Prompt: Whichever lines of the entries hold the word "hierarchy" should be identified and copied.

Start of Record extracts

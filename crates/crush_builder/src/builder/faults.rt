//! The checks that a method of the builder makes before it changes the map. A function whose name
//! ends in `_fault` returns the first fault that the method has to report, or `None`.

ghost use Rattle.std.specs.Prelude.{◌≡◌, ◌∷◌, [], ℕ, true, false, not};
ghost use Rattle.crush_model.specs.Forest.{all_items, rows_of};
ghost use Rattle.crush_model.specs.Lawful.{is_too_heavy};
ghost use Rattle.crush_model.specs.Stored.{weight_sum};
ghost use Rattle.crush_model.specs.Table.{is_there, is_placed};
ghost use Rattle.crush_nodes.specs.Ops.{part_of};
ghost use Rattle.crush_map.specs.WrittenItems.{adjustment};
ghost use Rattle.crush_builder.specs.Built.{Draft, filling, table_with_item};
ghost use Rattle.crush_builder.specs.Building.{IsDraft};
ghost use Rattle.crush_builder.specs.declared.fault.BuildFault.TheVariants.{DuplicateId, DuplicateName, TooMany};
ghost use Rattle.crush_builder.specs.Faults.{first_fault, kind_fault, device_fault, begin_fault};
ghost use Rattle.crush_builder.specs.Faults.{is_closed, is_heavy_device, tunable_fault, class_id_fault};
ghost use Rattle.crush_builder.specs.Pending.{with_first_weight};

use super::MapBuilder;
use crate::fault::BuildFault;
use crush_tree::Place;
use crush_units::{BucketId, DeviceId, ItemId, TypeId, Weight};
use std::alloc::Allocator;

impl<A: Allocator> MapBuilder<A> {
    pub(super) fn kind_fault(&self, number: TypeId, name: &[u8]) -> Option<BuildFault>
        ensures { (d : Draft) → IsDraft self.now d → result ≡ kind_fault d number name.now }
    {
        duplicate_or_full(
            self.has_kind_number(number),
            self.has_kind_name(name),
            self.is_full_of_kinds(),
        )
    }

    pub(super) fn tunable_fault(&self, name: &[u8]) -> Option<BuildFault>
        ensures { (d : Draft) → IsDraft self.now d → result ≡ tunable_fault d name.now }
    {
        duplicate_or_full(false, self.has_tunable(name), self.is_full_of_tunables())
    }

    pub(super) fn device_fault(&self, id: DeviceId, name: &[u8]) -> Option<BuildFault>
        ensures { (d : Draft) → IsDraft self.now d → result ≡ device_fault d id name.now }
    {
        duplicate_or_full(
            self.has_device(id),
            self.has_name(name),
            self.is_full_of_devices(),
        )
    }

    pub(super) fn begin_fault(&self, kind: &[u8], name: &[u8]) -> Option<BuildFault>
        ensures { (d : Draft) → IsDraft self.now d → result ≡ begin_fault d kind.now name.now }
    {
        if self.has_name(name) {
            return Some(BuildFault::DuplicateName);
        }
        if !self.names_bucket_kind(kind) {
            return Some(BuildFault::UnknownType);
        }
        if self.is_full_of_buckets() {
            return Some(BuildFault::TooMany);
        }
        None
    }

    pub(super) fn class_id_fault(&self, id: BucketId, class: &[u8]) -> Option<BuildFault>
        ensures { (d : Draft) → IsDraft self.now d → result ≡ class_id_fault d id class.now }
    {
        duplicate_or_full(
            self.has_bucket_id(id),
            self.has_class(class),
            self.is_full_of_class_ids(),
        )
    }

    /// Whether the item is a device or a complete bucket of the map.
    pub(super) fn is_closed(&self, id: ItemId) -> bool
        ensures { (d : Draft) → IsDraft self.now d → result ≡ is_closed d id }
    {
        let item = &id;
        let open = match item {
            ItemId::Bucket(bucket) => self.fills(*bucket),
            ItemId::Device(_) => false,
        };
        self.hierarchy.kind(*item).is_some() && !open
    }

    /// Whether the weights of all buckets and of the whole map stay within their limits if the
    /// bucket gets the item. If the item is a device, `weight` is the weight that it gets.
    pub(super) fn fits_item(&self, bucket: BucketId, id: ItemId, weight: Weight) -> bool
        requires fills { self.now.pending ≡ filling bucket }
        requires closed { (d : Draft) → IsDraft self.now d → is_closed d id ≡ true }
        requires free { (d : Draft) → IsDraft self.now d → is_placed d.table id ≡ false }
        ensures { (d : Draft) → IsDraft self.now d
            → result ≡ not (is_too_heavy (table_with_item d.pending id weight d.table)) }
    {
        self.hierarchy.recall_invariant();
        let item = &id;
        let coming = self.weight_to_come(*item, weight);
        self.hierarchy
            .fits_move(*item, Place::Bucket(bucket), Some(coming))
    }

    /// Returns the weight that the item will have in the bucket: `weight` for a device, and the sum
    /// of the weights of the devices below it for a bucket.
    fn weight_to_come(&self, id: ItemId, weight: Weight) -> Weight
        requires { is_there (rows_of self.now.forest) id ≡ true }
        ensures { result
            ≡ weight_sum (with_first_weight weight (part_of id (all_items self.now.forest))) }
    {
        self.hierarchy.recall_invariant();
        let item = &id;
        self.hierarchy.recall_part(*item);
        match item {
            ItemId::Device(_) => weight,
            ItemId::Bucket(_) => match self.hierarchy.weight(*item) {
                Some(own) => own,
                None => unreachable!(),
            },
        }
    }

    /// Returns 1 if the item is a bucket and `written` is another weight than the sum of the
    /// weights of the devices below it. Returns 0 otherwise.
    pub(super) fn adjustment(&self, id: ItemId, written: Option<Weight>) -> u32
        ensures { (d : Draft) → IsDraft self.now d → is_there d.table id ≡ true
            → result ≡ adjustment d.table id written }
    {
        let item = &id;
        match item {
            ItemId::Device(_) => 0,
            ItemId::Bucket(_) => {
                let Some(written) = written else {
                    return 0;
                };
                let Some(own) = self.hierarchy.weight(*item) else {
                    return 0;
                };
                if written == own { 0 } else { 1 }
            }
        }
    }
}

/// Returns the fault that belongs to the first argument that is true, or `None` if all are false.
/// `id` says whether the id is taken, `name` whether the name is taken, and `full` whether the
/// limit is reached.
fn duplicate_or_full(id: bool, name: bool, full: bool) -> Option<BuildFault>
    ensures { result ≡ first_fault
        ((DuplicateId, id) ∷ ((DuplicateName, name) ∷ ((TooMany, full) ∷ []))) }
{
    if id {
        return Some(BuildFault::DuplicateId);
    }
    if name {
        return Some(BuildFault::DuplicateName);
    }
    if full {
        return Some(BuildFault::TooMany);
    }
    None
}

/// Whether the item is a device and its `written` weight is above 2147483647 units.
pub(super) fn is_heavy_device(id: ItemId, written: Option<Weight>) -> bool
    ensures { result ≡ is_heavy_device id written }
{
    let item = &id;
    match (item, written) {
        (ItemId::Device(_), Some(weight)) => !weight.is_device_weight(),
        _ => false,
    }
}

End of Record extracts

Result for this exercise:
        self.hierarchy.kind(*item).is_some() && !open
        self.hierarchy.recall_invariant();
        self.hierarchy
        self.hierarchy.recall_invariant();
        self.hierarchy.recall_part(*item);
            ItemId::Bucket(_) => match self.hierarchy.weight(*item) {
                let Some(own) = self.hierarchy.weight(*item) else {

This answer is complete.